**Records for the exercise**
□ □ □ □ □ □ □

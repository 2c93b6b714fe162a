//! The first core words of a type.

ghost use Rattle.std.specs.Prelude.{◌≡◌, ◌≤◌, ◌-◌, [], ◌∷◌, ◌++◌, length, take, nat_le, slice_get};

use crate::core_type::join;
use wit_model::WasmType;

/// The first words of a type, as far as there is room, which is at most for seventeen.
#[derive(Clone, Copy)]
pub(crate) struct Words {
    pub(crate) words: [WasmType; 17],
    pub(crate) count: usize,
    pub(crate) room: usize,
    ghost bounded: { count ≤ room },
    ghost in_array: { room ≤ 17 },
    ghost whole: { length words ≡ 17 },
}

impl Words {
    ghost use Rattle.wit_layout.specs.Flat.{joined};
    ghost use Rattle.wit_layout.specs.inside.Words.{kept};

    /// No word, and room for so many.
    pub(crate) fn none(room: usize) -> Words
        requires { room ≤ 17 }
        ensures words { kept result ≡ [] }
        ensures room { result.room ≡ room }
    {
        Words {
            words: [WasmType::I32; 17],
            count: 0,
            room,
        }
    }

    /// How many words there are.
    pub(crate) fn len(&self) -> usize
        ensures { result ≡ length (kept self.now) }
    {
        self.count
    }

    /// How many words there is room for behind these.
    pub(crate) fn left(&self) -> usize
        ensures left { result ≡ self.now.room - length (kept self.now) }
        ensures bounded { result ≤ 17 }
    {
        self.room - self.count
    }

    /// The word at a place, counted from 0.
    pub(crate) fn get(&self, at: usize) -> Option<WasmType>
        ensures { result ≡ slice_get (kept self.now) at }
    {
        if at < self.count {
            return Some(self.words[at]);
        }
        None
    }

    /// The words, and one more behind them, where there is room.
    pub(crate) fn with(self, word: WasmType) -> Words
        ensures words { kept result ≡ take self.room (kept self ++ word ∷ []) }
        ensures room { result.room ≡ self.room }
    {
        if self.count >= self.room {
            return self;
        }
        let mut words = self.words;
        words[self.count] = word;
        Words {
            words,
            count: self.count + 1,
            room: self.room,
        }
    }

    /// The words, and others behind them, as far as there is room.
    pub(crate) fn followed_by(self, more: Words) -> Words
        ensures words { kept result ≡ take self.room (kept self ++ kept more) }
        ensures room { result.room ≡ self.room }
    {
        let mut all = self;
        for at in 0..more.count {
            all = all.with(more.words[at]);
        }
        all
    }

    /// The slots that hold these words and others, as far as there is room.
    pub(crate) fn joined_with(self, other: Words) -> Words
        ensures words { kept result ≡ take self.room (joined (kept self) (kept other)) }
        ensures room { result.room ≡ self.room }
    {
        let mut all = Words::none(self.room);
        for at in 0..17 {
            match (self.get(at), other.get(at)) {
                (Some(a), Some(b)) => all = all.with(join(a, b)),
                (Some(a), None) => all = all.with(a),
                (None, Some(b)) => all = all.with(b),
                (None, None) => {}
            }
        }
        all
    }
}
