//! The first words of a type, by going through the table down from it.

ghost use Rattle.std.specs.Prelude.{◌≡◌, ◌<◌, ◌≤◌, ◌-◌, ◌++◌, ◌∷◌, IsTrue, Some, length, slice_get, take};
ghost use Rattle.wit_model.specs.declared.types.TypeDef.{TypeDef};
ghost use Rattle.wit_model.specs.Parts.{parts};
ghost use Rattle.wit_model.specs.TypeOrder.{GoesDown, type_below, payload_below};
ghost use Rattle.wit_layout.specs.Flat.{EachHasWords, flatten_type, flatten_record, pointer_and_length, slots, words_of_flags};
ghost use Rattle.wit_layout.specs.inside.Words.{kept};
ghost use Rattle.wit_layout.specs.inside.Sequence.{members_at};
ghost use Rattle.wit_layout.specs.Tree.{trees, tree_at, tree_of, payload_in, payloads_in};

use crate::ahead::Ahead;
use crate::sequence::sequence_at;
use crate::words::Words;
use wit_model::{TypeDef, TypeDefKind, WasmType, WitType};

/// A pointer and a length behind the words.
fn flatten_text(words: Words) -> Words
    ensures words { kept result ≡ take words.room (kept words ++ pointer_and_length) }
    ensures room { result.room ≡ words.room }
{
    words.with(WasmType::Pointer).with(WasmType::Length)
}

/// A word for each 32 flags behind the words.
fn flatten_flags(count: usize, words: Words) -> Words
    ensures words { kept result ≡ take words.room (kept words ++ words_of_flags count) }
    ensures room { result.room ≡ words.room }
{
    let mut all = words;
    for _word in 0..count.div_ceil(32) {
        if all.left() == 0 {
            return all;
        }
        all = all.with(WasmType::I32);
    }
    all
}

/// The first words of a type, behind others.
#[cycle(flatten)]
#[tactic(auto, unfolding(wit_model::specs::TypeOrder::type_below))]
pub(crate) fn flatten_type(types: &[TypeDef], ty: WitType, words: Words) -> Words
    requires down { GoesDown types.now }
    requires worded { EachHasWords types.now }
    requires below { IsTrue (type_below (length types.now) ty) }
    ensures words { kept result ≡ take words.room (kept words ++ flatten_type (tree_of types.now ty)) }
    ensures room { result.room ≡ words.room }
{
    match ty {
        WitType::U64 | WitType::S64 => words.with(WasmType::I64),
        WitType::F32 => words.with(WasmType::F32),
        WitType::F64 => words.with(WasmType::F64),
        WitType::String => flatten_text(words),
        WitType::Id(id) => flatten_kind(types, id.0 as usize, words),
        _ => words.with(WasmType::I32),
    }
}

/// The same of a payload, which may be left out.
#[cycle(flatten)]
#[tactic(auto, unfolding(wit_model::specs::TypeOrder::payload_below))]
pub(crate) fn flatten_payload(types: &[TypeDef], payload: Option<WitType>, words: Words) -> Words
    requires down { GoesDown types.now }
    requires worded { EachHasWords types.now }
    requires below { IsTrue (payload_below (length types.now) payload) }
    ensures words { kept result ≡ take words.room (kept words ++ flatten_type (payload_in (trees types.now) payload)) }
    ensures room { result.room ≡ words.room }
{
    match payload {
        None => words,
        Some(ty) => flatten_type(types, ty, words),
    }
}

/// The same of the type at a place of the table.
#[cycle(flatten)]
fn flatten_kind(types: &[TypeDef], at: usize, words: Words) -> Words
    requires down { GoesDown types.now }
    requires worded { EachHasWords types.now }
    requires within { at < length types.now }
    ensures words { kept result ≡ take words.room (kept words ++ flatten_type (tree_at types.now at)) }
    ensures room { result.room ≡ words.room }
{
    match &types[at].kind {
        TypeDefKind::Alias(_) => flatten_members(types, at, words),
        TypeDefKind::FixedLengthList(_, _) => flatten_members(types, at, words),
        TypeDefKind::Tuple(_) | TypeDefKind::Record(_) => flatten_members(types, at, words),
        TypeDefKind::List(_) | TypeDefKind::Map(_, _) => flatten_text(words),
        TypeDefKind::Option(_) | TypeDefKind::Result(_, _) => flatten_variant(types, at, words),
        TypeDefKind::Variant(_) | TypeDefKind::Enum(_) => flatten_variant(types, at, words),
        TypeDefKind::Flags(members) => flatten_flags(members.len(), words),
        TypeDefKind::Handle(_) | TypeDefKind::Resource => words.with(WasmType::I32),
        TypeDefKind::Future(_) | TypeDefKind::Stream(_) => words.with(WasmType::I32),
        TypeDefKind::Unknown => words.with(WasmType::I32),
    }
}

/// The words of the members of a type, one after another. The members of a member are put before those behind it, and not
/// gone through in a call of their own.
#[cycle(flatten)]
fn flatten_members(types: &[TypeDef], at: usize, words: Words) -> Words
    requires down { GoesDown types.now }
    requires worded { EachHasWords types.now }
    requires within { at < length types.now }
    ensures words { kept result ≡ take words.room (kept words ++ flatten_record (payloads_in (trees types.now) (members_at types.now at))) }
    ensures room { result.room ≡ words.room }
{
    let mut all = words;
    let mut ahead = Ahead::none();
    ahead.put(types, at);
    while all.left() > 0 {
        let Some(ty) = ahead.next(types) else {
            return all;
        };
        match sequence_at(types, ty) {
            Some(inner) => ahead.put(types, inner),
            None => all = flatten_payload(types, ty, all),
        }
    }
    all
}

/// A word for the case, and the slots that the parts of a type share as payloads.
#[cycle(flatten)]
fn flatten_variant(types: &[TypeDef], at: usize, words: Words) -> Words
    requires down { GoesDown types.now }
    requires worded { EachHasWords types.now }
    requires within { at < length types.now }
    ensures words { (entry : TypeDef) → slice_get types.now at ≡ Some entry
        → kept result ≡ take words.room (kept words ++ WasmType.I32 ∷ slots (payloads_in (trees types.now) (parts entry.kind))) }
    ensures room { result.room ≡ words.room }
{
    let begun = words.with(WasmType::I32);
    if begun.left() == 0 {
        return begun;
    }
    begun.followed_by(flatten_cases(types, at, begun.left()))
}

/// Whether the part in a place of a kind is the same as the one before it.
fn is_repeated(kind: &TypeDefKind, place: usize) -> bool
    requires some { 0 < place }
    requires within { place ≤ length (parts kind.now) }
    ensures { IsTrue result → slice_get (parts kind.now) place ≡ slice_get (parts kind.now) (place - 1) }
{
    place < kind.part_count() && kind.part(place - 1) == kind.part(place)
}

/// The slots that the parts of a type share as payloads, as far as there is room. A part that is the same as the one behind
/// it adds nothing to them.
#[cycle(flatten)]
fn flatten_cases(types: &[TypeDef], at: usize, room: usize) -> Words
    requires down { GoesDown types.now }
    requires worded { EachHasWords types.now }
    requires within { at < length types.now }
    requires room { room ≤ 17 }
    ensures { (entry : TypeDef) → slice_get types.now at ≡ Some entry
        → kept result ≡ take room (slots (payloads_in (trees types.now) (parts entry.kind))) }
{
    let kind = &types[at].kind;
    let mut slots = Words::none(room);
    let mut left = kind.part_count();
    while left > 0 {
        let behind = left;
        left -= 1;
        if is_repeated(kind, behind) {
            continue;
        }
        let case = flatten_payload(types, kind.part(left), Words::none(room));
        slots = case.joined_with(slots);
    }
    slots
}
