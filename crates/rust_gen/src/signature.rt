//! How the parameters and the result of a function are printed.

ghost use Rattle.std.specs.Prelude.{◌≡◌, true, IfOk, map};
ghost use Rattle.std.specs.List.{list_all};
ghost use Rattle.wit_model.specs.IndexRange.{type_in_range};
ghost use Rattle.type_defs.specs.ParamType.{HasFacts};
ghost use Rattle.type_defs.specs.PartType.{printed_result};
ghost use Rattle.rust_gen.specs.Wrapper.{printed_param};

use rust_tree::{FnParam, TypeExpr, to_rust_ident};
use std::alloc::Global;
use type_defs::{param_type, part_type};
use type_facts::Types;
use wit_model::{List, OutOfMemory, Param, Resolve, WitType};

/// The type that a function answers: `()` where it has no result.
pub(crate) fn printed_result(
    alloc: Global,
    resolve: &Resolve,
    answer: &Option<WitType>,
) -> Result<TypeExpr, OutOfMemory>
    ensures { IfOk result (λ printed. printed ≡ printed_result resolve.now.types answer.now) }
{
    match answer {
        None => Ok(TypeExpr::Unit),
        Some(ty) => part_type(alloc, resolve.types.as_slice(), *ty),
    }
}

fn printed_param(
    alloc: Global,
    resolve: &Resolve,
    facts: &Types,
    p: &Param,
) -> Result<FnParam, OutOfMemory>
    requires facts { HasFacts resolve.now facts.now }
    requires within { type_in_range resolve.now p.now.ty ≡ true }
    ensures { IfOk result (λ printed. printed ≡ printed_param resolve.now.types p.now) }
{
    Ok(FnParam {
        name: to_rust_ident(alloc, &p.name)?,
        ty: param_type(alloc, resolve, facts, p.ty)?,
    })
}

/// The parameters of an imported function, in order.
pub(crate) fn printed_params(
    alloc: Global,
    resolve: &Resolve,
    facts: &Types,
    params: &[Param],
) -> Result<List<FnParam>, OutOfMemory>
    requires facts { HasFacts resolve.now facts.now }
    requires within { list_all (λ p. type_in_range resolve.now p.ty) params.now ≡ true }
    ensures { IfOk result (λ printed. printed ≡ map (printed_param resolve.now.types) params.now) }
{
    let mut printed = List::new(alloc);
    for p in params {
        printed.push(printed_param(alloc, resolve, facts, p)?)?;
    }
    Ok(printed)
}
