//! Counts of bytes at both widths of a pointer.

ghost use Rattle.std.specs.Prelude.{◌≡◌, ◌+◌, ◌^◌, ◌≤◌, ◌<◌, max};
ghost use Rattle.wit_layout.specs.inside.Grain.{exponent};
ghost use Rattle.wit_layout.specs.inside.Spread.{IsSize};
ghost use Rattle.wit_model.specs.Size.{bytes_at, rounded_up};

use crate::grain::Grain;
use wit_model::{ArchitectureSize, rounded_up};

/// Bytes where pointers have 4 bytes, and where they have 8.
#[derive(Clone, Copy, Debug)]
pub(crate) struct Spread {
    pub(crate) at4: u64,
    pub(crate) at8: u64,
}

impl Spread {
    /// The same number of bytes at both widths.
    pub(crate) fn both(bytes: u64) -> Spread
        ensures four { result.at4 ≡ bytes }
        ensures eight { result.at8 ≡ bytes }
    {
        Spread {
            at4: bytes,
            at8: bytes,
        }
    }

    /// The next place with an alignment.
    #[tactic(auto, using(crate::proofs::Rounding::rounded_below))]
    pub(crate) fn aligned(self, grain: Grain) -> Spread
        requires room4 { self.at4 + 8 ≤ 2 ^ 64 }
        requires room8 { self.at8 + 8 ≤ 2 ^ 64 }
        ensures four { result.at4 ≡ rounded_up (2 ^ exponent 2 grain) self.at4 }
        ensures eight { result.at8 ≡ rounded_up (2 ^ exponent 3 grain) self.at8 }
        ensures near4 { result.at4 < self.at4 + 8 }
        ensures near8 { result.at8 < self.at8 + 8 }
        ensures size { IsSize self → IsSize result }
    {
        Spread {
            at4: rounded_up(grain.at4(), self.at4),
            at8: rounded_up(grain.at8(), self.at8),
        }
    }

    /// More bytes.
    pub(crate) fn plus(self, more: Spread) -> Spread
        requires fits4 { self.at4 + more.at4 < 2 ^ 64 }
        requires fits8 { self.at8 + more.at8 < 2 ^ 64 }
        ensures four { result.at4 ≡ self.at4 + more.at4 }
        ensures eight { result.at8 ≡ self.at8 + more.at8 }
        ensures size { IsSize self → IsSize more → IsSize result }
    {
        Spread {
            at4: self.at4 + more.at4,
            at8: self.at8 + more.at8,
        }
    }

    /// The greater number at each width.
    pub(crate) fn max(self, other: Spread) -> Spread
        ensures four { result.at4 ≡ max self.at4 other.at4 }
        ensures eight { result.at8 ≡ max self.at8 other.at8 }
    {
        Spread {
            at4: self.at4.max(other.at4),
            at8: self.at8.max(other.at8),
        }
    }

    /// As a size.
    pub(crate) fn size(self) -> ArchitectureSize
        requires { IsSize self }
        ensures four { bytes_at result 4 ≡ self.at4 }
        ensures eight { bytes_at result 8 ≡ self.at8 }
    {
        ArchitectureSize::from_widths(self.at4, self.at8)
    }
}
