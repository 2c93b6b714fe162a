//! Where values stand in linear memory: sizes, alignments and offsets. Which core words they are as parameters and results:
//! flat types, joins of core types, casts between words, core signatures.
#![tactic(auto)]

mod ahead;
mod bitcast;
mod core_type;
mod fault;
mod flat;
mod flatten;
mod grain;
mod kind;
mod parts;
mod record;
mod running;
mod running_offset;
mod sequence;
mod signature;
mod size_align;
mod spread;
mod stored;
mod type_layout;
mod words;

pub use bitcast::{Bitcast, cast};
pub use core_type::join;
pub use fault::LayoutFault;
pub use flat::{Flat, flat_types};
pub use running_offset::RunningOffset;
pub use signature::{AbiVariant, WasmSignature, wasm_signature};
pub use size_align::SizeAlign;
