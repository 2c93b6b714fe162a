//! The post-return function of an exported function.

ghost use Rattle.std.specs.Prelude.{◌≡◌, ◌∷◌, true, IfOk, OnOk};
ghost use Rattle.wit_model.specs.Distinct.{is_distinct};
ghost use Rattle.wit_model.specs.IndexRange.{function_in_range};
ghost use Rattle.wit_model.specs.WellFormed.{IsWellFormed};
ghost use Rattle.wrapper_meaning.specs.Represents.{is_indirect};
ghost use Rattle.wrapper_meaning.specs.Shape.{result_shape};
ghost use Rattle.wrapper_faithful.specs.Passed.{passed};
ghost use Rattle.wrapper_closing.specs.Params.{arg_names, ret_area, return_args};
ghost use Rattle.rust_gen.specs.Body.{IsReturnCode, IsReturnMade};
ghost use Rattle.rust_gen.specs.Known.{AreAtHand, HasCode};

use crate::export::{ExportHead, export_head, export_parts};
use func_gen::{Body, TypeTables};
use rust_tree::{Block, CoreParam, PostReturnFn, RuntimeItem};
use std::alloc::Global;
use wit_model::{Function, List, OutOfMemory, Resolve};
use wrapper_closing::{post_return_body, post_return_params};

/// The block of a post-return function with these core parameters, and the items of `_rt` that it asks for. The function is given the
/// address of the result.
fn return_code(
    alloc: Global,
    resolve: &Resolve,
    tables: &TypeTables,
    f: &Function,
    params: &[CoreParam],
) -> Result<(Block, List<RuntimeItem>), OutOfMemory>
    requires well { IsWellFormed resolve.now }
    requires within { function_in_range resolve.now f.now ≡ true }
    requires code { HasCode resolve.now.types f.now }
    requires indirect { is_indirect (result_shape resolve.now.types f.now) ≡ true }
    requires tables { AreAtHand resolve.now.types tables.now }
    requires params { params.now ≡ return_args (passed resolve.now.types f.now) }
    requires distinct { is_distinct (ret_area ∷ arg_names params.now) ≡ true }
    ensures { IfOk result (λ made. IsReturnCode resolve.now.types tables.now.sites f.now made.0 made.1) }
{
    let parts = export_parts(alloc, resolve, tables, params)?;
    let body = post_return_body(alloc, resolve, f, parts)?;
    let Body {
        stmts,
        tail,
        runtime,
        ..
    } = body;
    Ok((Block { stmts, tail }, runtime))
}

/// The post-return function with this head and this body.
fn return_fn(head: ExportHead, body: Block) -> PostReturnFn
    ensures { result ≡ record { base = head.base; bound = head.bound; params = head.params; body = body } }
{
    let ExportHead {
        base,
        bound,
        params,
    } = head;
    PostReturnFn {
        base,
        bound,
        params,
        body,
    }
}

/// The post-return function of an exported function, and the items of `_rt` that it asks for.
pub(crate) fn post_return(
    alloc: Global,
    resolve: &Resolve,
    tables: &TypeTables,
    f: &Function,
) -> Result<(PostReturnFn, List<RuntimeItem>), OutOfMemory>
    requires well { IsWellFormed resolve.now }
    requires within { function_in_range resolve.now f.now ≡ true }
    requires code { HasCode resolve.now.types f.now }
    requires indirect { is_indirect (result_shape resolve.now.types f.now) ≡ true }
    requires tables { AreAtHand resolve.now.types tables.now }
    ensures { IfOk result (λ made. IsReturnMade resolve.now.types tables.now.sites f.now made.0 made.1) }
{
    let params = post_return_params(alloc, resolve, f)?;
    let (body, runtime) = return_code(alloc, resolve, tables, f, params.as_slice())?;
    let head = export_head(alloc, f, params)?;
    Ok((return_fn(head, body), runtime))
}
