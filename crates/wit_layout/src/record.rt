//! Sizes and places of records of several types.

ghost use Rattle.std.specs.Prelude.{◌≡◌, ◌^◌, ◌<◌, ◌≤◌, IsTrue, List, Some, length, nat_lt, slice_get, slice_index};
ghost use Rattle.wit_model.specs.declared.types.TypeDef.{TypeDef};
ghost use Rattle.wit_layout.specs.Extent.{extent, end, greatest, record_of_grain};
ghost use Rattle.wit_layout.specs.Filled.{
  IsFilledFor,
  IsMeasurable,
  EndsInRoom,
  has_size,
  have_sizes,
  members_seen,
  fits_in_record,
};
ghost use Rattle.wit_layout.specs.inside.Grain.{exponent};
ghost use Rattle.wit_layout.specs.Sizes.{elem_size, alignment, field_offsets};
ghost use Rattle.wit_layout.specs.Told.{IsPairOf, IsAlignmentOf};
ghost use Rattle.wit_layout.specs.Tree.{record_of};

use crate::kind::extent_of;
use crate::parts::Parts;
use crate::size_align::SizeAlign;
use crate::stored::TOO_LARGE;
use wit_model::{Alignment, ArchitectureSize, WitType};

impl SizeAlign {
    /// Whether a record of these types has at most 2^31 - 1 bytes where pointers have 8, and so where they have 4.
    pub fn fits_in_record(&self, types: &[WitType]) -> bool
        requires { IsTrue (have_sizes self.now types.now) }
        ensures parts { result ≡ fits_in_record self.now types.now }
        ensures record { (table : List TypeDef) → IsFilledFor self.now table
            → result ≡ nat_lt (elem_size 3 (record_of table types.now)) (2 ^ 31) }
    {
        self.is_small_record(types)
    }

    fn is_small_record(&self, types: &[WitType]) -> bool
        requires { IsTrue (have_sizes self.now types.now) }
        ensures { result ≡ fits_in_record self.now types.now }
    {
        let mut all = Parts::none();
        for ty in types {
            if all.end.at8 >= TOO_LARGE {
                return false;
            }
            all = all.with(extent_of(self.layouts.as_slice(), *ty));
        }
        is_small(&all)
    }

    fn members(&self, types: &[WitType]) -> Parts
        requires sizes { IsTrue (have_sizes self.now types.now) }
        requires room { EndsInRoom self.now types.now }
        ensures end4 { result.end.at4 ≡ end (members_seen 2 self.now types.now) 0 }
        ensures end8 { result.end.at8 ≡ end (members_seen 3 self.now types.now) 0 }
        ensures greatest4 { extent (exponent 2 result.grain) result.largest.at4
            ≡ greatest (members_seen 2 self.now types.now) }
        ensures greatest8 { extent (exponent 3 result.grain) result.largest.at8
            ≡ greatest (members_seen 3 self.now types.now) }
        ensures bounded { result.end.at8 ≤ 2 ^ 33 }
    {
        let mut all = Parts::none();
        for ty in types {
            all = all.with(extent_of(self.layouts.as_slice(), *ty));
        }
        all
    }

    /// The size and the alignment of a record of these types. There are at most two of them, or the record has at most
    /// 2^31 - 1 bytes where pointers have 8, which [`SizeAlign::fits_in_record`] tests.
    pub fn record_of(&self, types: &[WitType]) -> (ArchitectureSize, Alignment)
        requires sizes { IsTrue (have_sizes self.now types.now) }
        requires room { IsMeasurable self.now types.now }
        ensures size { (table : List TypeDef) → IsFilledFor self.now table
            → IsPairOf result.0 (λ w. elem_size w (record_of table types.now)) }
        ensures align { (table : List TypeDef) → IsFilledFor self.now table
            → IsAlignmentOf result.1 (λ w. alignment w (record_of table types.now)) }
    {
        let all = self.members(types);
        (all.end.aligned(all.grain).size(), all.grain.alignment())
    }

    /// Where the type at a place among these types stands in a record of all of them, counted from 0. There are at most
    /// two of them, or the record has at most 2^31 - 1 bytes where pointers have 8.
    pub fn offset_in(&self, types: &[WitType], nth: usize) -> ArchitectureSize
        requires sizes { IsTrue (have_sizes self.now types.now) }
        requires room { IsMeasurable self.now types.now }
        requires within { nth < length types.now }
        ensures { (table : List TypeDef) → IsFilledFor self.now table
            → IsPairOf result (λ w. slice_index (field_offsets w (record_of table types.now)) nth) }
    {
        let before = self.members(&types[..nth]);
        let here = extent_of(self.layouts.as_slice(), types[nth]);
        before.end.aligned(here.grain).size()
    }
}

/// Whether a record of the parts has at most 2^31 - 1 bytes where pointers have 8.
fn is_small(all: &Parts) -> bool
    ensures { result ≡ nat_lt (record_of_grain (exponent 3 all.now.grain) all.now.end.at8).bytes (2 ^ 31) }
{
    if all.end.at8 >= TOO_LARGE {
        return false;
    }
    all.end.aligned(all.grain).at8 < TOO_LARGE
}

□ □ □ □ □ □ □

**Exercise**
What lines above contain "auto"? Copy them out.

**Exercise solution**
#[tactic(auto, unfolding(wit_model::specs::TypeOrder::type_below))]
#[tactic(auto, unfolding(wit_model::specs::TypeOrder::payload_below))]
    #[tactic(auto, using(crate::proofs::Rounding::rounded_below))]
#![tactic(auto)]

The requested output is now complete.